To the extent that Judge Murphy’s dissent relies on Health Call of Detroit v Atrium Home & Health Care Services, Inc, 268 Mich App 83, 98-100; 706 NW2d 843 (2005), in support of the proposition that the order declaring a conflict operates as law of the case restricting the convened special panel’s authority to consider the conflict question, the special panel’s decision in Health Call of Detroit does not consider the unfettered authority to resolve conflict questions that MCR 7.215(J)(5) provides a convened special panel. Furthermore, the panel in Health Call of Detroit considered whether the facts in that case generated a conflict that the special panel should address and decide, id., while in this case, we face a pure question of law, specifically whether the Supreme Court’s orders in Forsyth, Wyatt, and Evans constitute binding precedent and thus control resolution of the conflict question itself.
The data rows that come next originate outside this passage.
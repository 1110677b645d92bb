//! To which blocks edges lead.
ghost use Rattle.std.specs.Prelude.{◌≡◌, ◌<◌, ◌||◌, ℕ, false, map, length, nat_eq, get_or, replicate, IfOk};
ghost use Rattle.herm_model.specs.Lists.{any_pass};
ghost use Rattle.herm_translated.specs.BlockLabels.{goes_to_first};
ghost use Rattle.herm_fronts.specs.Blocks.{arrival_view, departure_view, marked_view};
ghost use Rattle.herm_blocks.specs.Seen.{ways_view};
ghost use Rattle.herm_blocks.specs.Scopes.{led_by};

use crate::ways::Ways;
use herm_fronts::departures::{Arrival, Departure};
use std::alloc::{AllocError, Global};

/// Marks a place, where it is there.
#[tactic(auto, using(crate::proofs::Marks::mark_set, crate::proofs::Marks::mark_none))]
fn set(led: &mut Vec<bool>, place: usize)
    ensures many { length led.new.items ≡ length led.old.items }
    ensures marked { (i : ℕ) → i < length led.old.items → get_or led.new.items i false ≡ (get_or led.old.items i false || nat_eq place i) }
{
    if place < led.len() {
        led[place] = true;
        return;
    }
}

/// Marks the node at whose first step an edge arrives.
fn mark(led: &mut Vec<bool>, arrival: Arrival)
    ensures many { length led.new.items ≡ length led.old.items }
    ensures marked { (i : ℕ) → i < length led.old.items → get_or led.new.items i false ≡ (get_or led.old.items i false || goes_to_first i (arrival_view arrival)) }
{
    match arrival {
        Arrival::Block(node) => {
            set(led, node as usize);
            return;
        }
        Arrival::SecondStep(_) => return,
        Arrival::End => return,
        Arrival::EndBy(_) => return,
    }
}

/// Marks the nodes at whose first steps edges arrive.
fn mark_all(led: &mut Vec<bool>, edges: &[Departure<'_>])
    ensures many { length led.new.items ≡ length led.old.items }
    ensures marked { (i : ℕ) → i < length led.old.items → get_or led.new.items i false ≡ (get_or led.old.items i false || any_pass (λ d. goes_to_first i d.departure.arrival) (map marked_view edges.now)) }
{
    'edges: for edge in edges {
        mark(led, edge.arrival);
    }
}

/// Marks the nodes at whose first steps the edges of blocks arrive.
fn mark_each(led: &mut Vec<bool>, ways: &[Ways<'_>])
    ensures many { length led.new.items ≡ length led.old.items }
    ensures marked { (i : ℕ) → i < length led.old.items → get_or led.new.items i false ≡ (get_or led.old.items i false || any_pass (λ w. any_pass (λ d. goes_to_first i d.departure.arrival) w.departures) (map ways_view ways.now)) }
{
    'ways: for way in ways {
        mark_all(led, way.departures.as_slice());
    }
}

/// So many places that are not marked.
fn unmarked(alloc: Global, count: usize) -> Result<Vec<bool>, AllocError>
    ensures { IfOk result (λ v. v.items ≡ replicate count false) }
{
    Ok(vec![in alloc; false; count]?)
}

/// For each block whether an edge leads to its first step, that to where the process begins among them.
pub fn led_of(
    alloc: Global,
    entry: &Departure<'_>,
    ways: &[Ways<'_>],
) -> Result<Vec<bool>, AllocError>
    ensures led { IfOk result (λ v. (i : ℕ) → i < length ways.now → get_or v.items i false ≡ led_by (departure_view entry.now) (map ways_view ways.now) i) }
{
    let mut led = unmarked(alloc, ways.len())?;
    mark(&mut led, entry.arrival);
    mark_each(&mut led, ways);
    Ok(led)
}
The dissent’s suggestion that the order declaring a conflict in this case operates as law of the case governing this special panel’s consideration of the outcome-determinative question presented not only lacks support in MCR 7.215(J), but constitutes a troubling proposition for a different reason. The dissent notes that at the time the prior Mullins decision expressed its disagreement with Ousley and the judges of this Court voted to convene this special panel, the Michigan Supreme Court had issued its orders in Forsyth, Wyatt, and Evans; the dissent reasons, therefore, that because “these orders were subject to consideration,” this Court’s “vote to convene a special panel despite the existence of the Supreme Court orders was essentially a determination that the orders were not binding precedent. .. .” Post at 520, 524. Even assuming that we could simply ignore the controlling nature of the Supreme Court orders in this case, the dissent’s logic would require us to presume that the judges voting to convene the conflict panel considered the Supreme Court orders, of which the prior Mullins decision had made no mention. Given the absence of any mention of the Supreme Court orders in Mullins, no facts support the dissent’s leap of logic.